Start of Data to use

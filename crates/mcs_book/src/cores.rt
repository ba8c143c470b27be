//! Laws about the lines of a core, each the contract of a function that does nothing.
ghost use Rattle.mcs_types.specs.declared.id.CoreId.{CoreId};
ghost use Rattle.mcs_book.specs.History.{Line, Book, IsLegal, of_core};
ghost use Rattle.mcs_book.specs.Each.{EachLine};
ghost use Rattle.mcs_book.specs.Merging.{HasLinesOf, IsLineOf, IsOfFirst};

/// Law: the lines of a core are of that core; merged with those of the other cores, each in order,
/// they are the book's.
pub fn core_lines()
    ghost at: { Book × CoreId }
    ensures { HasLinesOf at.0 at.1 }
{}

/// Law: each line of a book after the boot is among the lines of its core.
pub fn own_core()
    ghost at: { Book × Line }
    requires { IsLineOf at.1 at.0.lines }
    ensures { IsLineOf at.1 (of_core at.0 at.1.step.core) }
{}

/// Law: each line of a legal book after the boot is of a core of the boot.
pub fn known_cores()
    ghost book: { Book }
    requires { IsLegal book }
    ensures { EachLine (IsOfFirst book.boot.cores) book }
{}
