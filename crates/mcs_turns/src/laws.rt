//! Laws of every run (own). Each is about definitions, and its function does nothing.
ghost use Rattle.std.specs.Prelude.{◌≡◌, ℕ, List, length};
ghost use Rattle.mcs_types.specs.declared.id.CoreId.{CoreId};
ghost use Rattle.mcs_book.specs.Boots.{Boot, IsFaultless};
ghost use Rattle.mcs_book.specs.History.{IsLegal};
ghost use Rattle.mcs_turns.specs.declared.position.Pick.{Pick};
ghost use Rattle.mcs_turns.specs.Turns.{User, RunState, AreInRange, ArePicks, IsRun, IsTurn};

/// Law: the book of a run of users (at.0) after a boot without fault (at.1), by this many turns
/// (at.2), is legal, if the numbers of all their entries are in their ranges.
pub fn run_legal()
    ghost at: { List User × Boot × ℕ × RunState }
    requires boot { IsFaultless at.1 }
    requires in_range { AreInRange at.0 }
    requires run { IsRun at.0 at.1 at.2 at.3 }
    ensures { IsLegal at.3.book }
{}

/// Law: a run has as many lines after its boot as turns, and each user has one position.
pub fn run_long()
    ghost at: { List User × Boot × ℕ × RunState }
    requires run { IsRun at.0 at.1 at.2 at.3 }
    ensures boot { at.3.book.boot ≡ at.1 }
    ensures lines { length at.3.book.lines ≡ at.2 }
    ensures places { length at.3.places ≡ length at.0 }
    ensures stale { length at.3.stale ≡ at.1.cores }
{}

/// Law: the picks of the cores in a state of a run (at.1) of users (at.0) are unique (at.2 and
/// at.3).
pub fn one_pick()
    ghost at: { List User × RunState × List (List Pick) × List (List Pick) }
    requires one { ArePicks at.0 at.1 at.2 }
    requires other { ArePicks at.0 at.1 at.3 }
    ensures { at.2 ≡ at.3 }
{}

/// Law: an entry (at.2) of users (at.0) that a core (at.1) enters in a state of a run (at.3) leads
/// to a unique state (at.4 and at.5).
pub fn one_turn()
    ghost at: { List User × CoreId × Pick × RunState × RunState × RunState }
    requires one { IsTurn at.0 at.1 at.2 at.3 at.4 }
    requires other { IsTurn at.0 at.1 at.2 at.3 at.5 }
    ensures { at.4 ≡ at.5 }
{}
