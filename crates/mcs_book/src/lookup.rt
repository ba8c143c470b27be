//! Laws that lookup finds what paths name, each the contract of a function that does nothing.
ghost use Rattle.std.specs.Prelude.{ℕ, Bool, List};
ghost use Rattle.mcs_types.specs.declared.cap.Place.{Place};
ghost use Rattle.mcs_types.specs.declared.id.ObjId.{ObjId};
ghost use Rattle.mcs_book.specs.LookupEnds.{HasOnePath, FindsNamed, RefusesUnnamed, FindsSlot, RefusesSlot};
ghost use Rattle.mcs_book.specs.History.{Book, log_of, IsLegal};

/// Law: after a legal book at most one complete path from a thread's root spells given bits.
pub fn one_path()
    ghost at: { Book × ObjId × List Bool }
    requires { IsLegal at.0 }
    ensures { HasOnePath (log_of at.0) at.1 at.2 }
{}

/// Law: after a legal book lookup finds a capability at an address exactly if a complete path names
/// it. It is refused exactly if the path ends in an empty slot, or as the longest path says where
/// none is complete.
pub fn capability_lookup()
    ghost at: { Book × ObjId × ℕ }
    requires { IsLegal at.0 }
    ensures found { FindsNamed (log_of at.0) at.1 at.2 }
    ensures refused { RefusesUnnamed (log_of at.0) at.1 at.2 }
{}

/// Law: after a legal book lookup finds a slot by an index and a depth exactly if a complete path
/// ends there with no bits left. It is refused exactly if its depth is out of range, bits remain at
/// the path's end, or as the longest path says where none is complete.
pub fn slot_lookup()
    ghost at: { Book × ObjId × Place }
    requires { IsLegal at.0 }
    ensures found { FindsSlot (log_of at.0) at.1 at.2 }
    ensures refused { RefusesSlot (log_of at.0) at.1 at.2 }
{}
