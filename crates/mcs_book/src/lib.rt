//! The book of all accepted entries, and the definitions of its meaning.
#![tactic(auto)]

mod book;
mod broken;
mod changes;
mod cores;
mod laws;
mod limits;
mod lookup;
mod whole;

pub use book::{Book, Line};
pub use broken::{answered_is_fair, each_law_refuses, taken_in_turn_is_fair};
pub use changes::{none_made, slots_stay};
pub use cores::{core_lines, known_cores, own_core};
pub use laws::{
    answered_once, answered_whole, by_priority, chain_kept, fair, found_named, made_once,
    none_beside, not_cancelled, not_deleted, open_found, queue_in_order, replayed, sent_in_order,
    serials_counted, sound, taken_once, word_joined,
};
pub use limits::{answered_plain, entry_short, lines_short};
pub use lookup::{capability_lookup, one_path, slot_lookup};
pub use whole::messages_whole;
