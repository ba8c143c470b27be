//! What reaches threads by the lines of others.
use mcs_types::{Answer, ObjId};

/// What reached a thread.
#[derive(Drop)]
pub struct Reached {
    pub thread: ObjId,
    pub answer: Answer,
}
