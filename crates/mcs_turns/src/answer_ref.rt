//! The result of an entry: its answer, or what reached its thread while it waited (own).
ghost use Rattle.std.specs.Prelude.{◌≡◌, []};
ghost use Rattle.mcs_types.specs.declared.entry.Answer.TheVariants as answer;
ghost use Rattle.mcs_turns.specs.AnswerRef.{answer_of};
ghost use Rattle.mcs_turns.specs.Programs.{answer_badge, is_done, is_empty, is_got, is_heard, answer_label, refused_by, answer_word};

use mcs_types::{Answer, Badge, Refusal};
use std::marker::Model;

/// Which answer it is.
#[derive(Clone, Copy, Drop)]
pub enum Form {
    Done,
    Waits,
    Got,
    Heard,
    Empty,
    Refused(Refusal),
}

/// An answer whose message is borrowed. Clauses see the answer.
#[derive(Drop)]
pub struct AnswerRef<'a> {
    pub form: Form,
    /// The badge of a message, or the word that was heard.
    pub word: u64,
    pub label: u64,
    pub words: &'a [u64],
}

impl<'a> Model for AnswerRef<'a> {
    ghost use Rattle.mcs_types.specs.declared.entry.Answer.{Answer};
    ghost use Rattle.mcs_turns.specs.AnswerRef.{answer_of};

    ghost Value = { Answer };

    ghost view = { λ t. answer_of t.form t.word t.label t.words.now };
}

impl<'a> AnswerRef<'a> {
    /// Returns an answer without a message or a word.
    fn plain(form: Form) -> AnswerRef<'a>
        ensures { result ≡ answer_of form 0 0 [] }
    {
        AnswerRef {
            form,
            word: 0,
            label: 0,
            words: &[],
        }
    }

    /// Returns the result before the first entry: every test is false, and every value 0.
    pub fn nothing() -> AnswerRef<'a>
        ensures { result ≡ answer.Waits }
    {
        AnswerRef::plain(Form::Waits)
    }

    /// Returns that the entry is done.
    pub fn done() -> AnswerRef<'a>
        ensures { result ≡ answer.Done }
    {
        AnswerRef::plain(Form::Done)
    }

    /// Returns that a word was heard.
    pub fn heard(word: u64) -> AnswerRef<'a>
        ensures { result ≡ answer.Heard word }
    {
        AnswerRef {
            form: Form::Heard,
            word,
            label: 0,
            words: &[],
        }
    }

    /// Returns that a message was received, with this badge, label and words.
    pub fn got(badge: Badge, label: u64, words: &'a [u64]) -> AnswerRef<'a>
        ensures { result ≡ answer.Got badge (record { label = label; words = words.entry.now }) }
    {
        AnswerRef {
            form: Form::Got,
            word: badge.0,
            label,
            words,
        }
    }

    /// Borrows an answer.
    pub fn of(answer: &'a Answer) -> AnswerRef<'a>
        ensures { result ≡ answer.entry.now }
    {
        match answer {
            Answer::Done => AnswerRef::done(),
            Answer::Waits => AnswerRef::nothing(),
            Answer::Got { badge, message } => {
                AnswerRef::got(*badge, message.label(), message.words())
            }
            Answer::Heard { word } => AnswerRef::heard(*word),
            Answer::Empty => AnswerRef::plain(Form::Empty),
            Answer::Refused(refusal) => AnswerRef::plain(Form::Refused(*refusal)),
        }
    }

    /// Borrows the same answer once more.
    pub fn again(&self) -> AnswerRef<'a>
        ensures { result ≡ self.now }
    {
        AnswerRef {
            form: self.form,
            word: self.word,
            label: self.label,
            words: self.words,
        }
    }

    /// Returns the badge of the message, or the word that was heard; 0 without either.
    pub fn badge(&self) -> u64
        ensures { result ≡ answer_badge self.now }
    {
        match self.form {
            Form::Got | Form::Heard => self.word,
            Form::Done | Form::Waits | Form::Empty | Form::Refused(_) => 0,
        }
    }

    /// The label of the message; 0 if there is none.
    pub fn label(&self) -> u64
        ensures { result ≡ answer_label self.now }
    {
        match self.form {
            Form::Got => self.label,
            Form::Done | Form::Waits | Form::Heard | Form::Empty | Form::Refused(_) => 0,
        }
    }

    /// A word of the message, by its number from 0; 0 if it has no such word.
    pub fn word(&self, number: u8) -> u64
        ensures { result ≡ answer_word self.now number }
    {
        match self.form {
            Form::Got => match self.words.get(number as usize) {
                Some(word) => *word,
                None => 0,
            },
            Form::Done | Form::Waits | Form::Heard | Form::Empty | Form::Refused(_) => 0,
        }
    }

    /// The number of the refusal; 0 if nothing was refused.
    pub fn refused_by(&self) -> u8
        ensures { result ≡ refused_by self.now }
    {
        match self.form {
            Form::Refused(refusal) => refusal.number(),
            Form::Done | Form::Waits | Form::Got | Form::Heard | Form::Empty => 0,
        }
    }

    /// Returns whether a message came.
    pub fn is_got(&self) -> bool
        ensures { result ≡ is_got self.now }
    {
        matches!(self.form, Form::Got)
    }

    /// Returns whether a word was heard.
    pub fn is_heard(&self) -> bool
        ensures { result ≡ is_heard self.now }
    {
        matches!(self.form, Form::Heard)
    }

    /// Returns whether there was nothing to receive.
    pub fn is_empty(&self) -> bool
        ensures { result ≡ is_empty self.now }
    {
        matches!(self.form, Form::Empty)
    }

    /// Returns whether the entry is done.
    pub fn is_done(&self) -> bool
        ensures { result ≡ is_done self.now }
    {
        matches!(self.form, Form::Done)
    }
}
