/// How messages are sent, with which badges, and with how many words. The first long one fits among
/// the words; the next, and that of a reply, are kept unpacked.
const SENT: &[(SendMode, u64, u64)] = &[
    (SendMode::Plain, 0, 0),
    (SendMode::Call, 9, 1),
    (SendMode::Mute, u64::MAX, 4),
    (SendMode::Call, 9, MESSAGE_WORDS as u64),
    (SendMode::Plain, 0, 5),
];

/// Returns the record with this number about messages: sent, and then a reply.
fn of_messages(alloc: Global, number: usize, names: [ObjId; 6]) -> Result<Rec, Fail> {
    let [_, thread, endpoint, _, reply, _] = names;
    match SENT.get(number) {
        Some(&(mode, badge, words)) => Ok(Rec::Sent {
            sender: thread,
            endpoint,
            mode,
            badge: Badge(badge),
            message: message(alloc, words)?,
        }),
        None => Ok(Rec::Paid {
            reply,
            caller: thread,
            message: message(alloc, MESSAGE_WORDS as u64)?,
        }),
    }
}

/// Notes a record in the open line of a book.
fn note(book: &mut Book, fact: Option<Rec>) -> Result<(), Fail> {
    if let Some(fact) = fact {
        book.reserve(1)?;
        book.note(fact);
    }
    Ok(())
}

/// Notes records of all kinds.
fn note_all(alloc: Global, book: &mut Book, names: [ObjId; 6]) -> Result<(), Fail> {
    for number in 0..14 {
        note(book, of_objects(number, names))?;
        note(book, of_threads(number, names))?;
        note(book, of_words(number, names))?;
    }
    for number in 0..9 {
        note(book, of_queues(number, names))?;
    }
    for number in 0..=SENT.len() {
        note(book, Some(of_messages(alloc, number, names)?))?;
    }
    Ok(())
}

/// Adds a line with the entry of one line, the answer of another, and records of all kinds; every
/// second line is about the objects in `ODD`, the others about those in `OWN`.
fn add_line(
    alloc: Global,
    book: &mut Book,
    entering: &Line<'_>,
    answered: &Line<'_>,
) -> Result<(), Fail> {
    let names = if book.lines() % 2 == 0 { OWN } else { ODD };
    note_all(alloc, book, names)?;
    let answer = answered.answer(alloc)?;
    let entered = entering.step(alloc)?;
    let step = Step {
        core: CoreId(255),
        thread: THREAD,
        entry: entered.entry,
    };
    book.reserve(0)?;
    book.close(&step, &answer);
    Ok(())
}

/// Adds a line for each line of a book, with the answers in reverse order.
fn add_lines(alloc: Global, book: &mut Book, from: &Book) -> Result<(), Fail> {
    let lines = from.lines();
    for i in 1..lines {
        let entering = from.line(i).ok_or("an entry")?;
        let answered = from.line(lines.saturating_sub(i)).ok_or("an answer")?;
        add_line(alloc, book, &entering, &answered)?;
    }
    Ok(())
}

/// Adds the records that a line returns.
fn put_again(alloc: Global, records: &mut Vec<Rec>, line: &Line<'_>) -> Result<(), Fail> {
    for i in 0..line.record_count() {
        records.push(line.record(alloc, i)?.ok_or("record")?)?;
    }
    Ok(())
}

/// Adds a line with what another line returns.
fn add_again(alloc: Global, book: &mut Book, line: &Line<'_>) -> Result<(), Fail> {
    let mut records = Vec::new(alloc);
    put_again(alloc, &mut records, line)?;
    book.reserve(records.len())?;
    book.append(&line.step(alloc)?, &line.answer(alloc)?, &mut records);
    Ok(())
}

/// Adds the lines of a book after its boot to another book.
fn add_lines_again(alloc: Global, other: &mut Book, book: &Book) -> Result<(), Fail> {
    for i in 1..book.lines() {
        add_again(alloc, other, &book.line(i).ok_or("line")?)?;
    }
    Ok(())
}

/// The beginning of the text: the first entry, the last answer, and its records with odd objects.
const BEGINNING: &str = "\
cores 2
255 t4294967286 recv 18446744073709551615 1
= refused 13
+ made n4294967293
+ prio e4294967294 255
+ took m0 e4294967294
+ made t4294967295
+ turns e4294967294 running
+ dropped m0
+ made c4294967290
+ turns e4294967294 restart
+ took m2 e4294967294
+ made e4294967294
+ turns e4294967294 inactive
+ dropped m2
+ closed s4294967291
+ holds c4294967290 -
+ took m4294967295 e4294967294
+ slot t4294967295 255 -
+ holds c4294967290 e4294967294
+ dropped m4294967295
+ slot t4294967295 255 n4294967293 rwgp 0
+ tied e4294967294 -
+ raised r4294967292 0
+ slot t4294967295 255 n4294967293 rwgp 18446744073709551615
+ tied e4294967294 r4294967292
+ heard e4294967294 r4294967292 0
+ slot t4294967295 255 t4294967295
+ homed c4294967290 -
+ raised r4294967292 18446744073709551615
+ slot t4294967295 255 t4294967295
+ homed c4294967290 r4294967292
+ heard e4294967294 r4294967292 18446744073709551615
+ slot t4294967295 255 r4294967292
";

/// Returns the text of a book with a line for each entry.
fn first_text(alloc: Global, book: &mut Book) -> Result<Vec<u8>, Fail> {
    let run = replay_of(alloc, ENTRIES)?;
    match run.book() {
        Some(from) => add_lines(alloc, book, from)?,
        None => return Err(Fail::from("a book")),
    }
    trace_of(alloc, book)
}

/// Returns the text of a book with what another book returns.
fn second_text(alloc: Global, book: &Book) -> Result<Vec<u8>, Fail> {
    let mut other = Book::new(alloc, 2);
    add_lines_again(alloc, &mut other, book)?;
    trace_of(alloc, &other)
}

#[test]
fn a_book_gives_back_its_lines(rt: HostRuntime) -> Result<(), Fail> {
    let mut book = Book::new(rt.alloc(), 2);
    let text = first_text(rt.alloc(), &mut book)?;
    assert!(rt; book.lines() == COUNT + 1);
    assert!(rt; text.starts_with(BEGINNING.as_bytes()) && text.len() > COUNT * 1_000);
    let again = second_text(rt.alloc(), &book)?;
    assert!(rt; again == text);
    Ok(())
}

End of Data to use

● **What needs to be done**
Every line above from the line with "whether a word was heard." to the line with "then a reply.", both included, must be reproduced exactly, and no other line may appear.

● **Response below**
    /// Returns whether a word was heard.
    pub fn is_heard(&self) -> bool
        ensures { result ≡ is_heard self.now }
    {
        matches!(self.form, Form::Heard)
    }

    /// Returns whether there was nothing to receive.
    pub fn is_empty(&self) -> bool
        ensures { result ≡ is_empty self.now }
    {
        matches!(self.form, Form::Empty)
    }

    /// Returns whether the entry is done.
    pub fn is_done(&self) -> bool
        ensures { result ≡ is_done self.now }
    {
        matches!(self.form, Form::Done)
    }
}
/// How messages are sent, with which badges, and with how many words. The first long one fits among
/// the words; the next, and that of a reply, are kept unpacked.
const SENT: &[(SendMode, u64, u64)] = &[
    (SendMode::Plain, 0, 0),
    (SendMode::Call, 9, 1),
    (SendMode::Mute, u64::MAX, 4),
    (SendMode::Call, 9, MESSAGE_WORDS as u64),
    (SendMode::Plain, 0, 5),
];

/// Returns the record with this number about messages: sent, and then a reply.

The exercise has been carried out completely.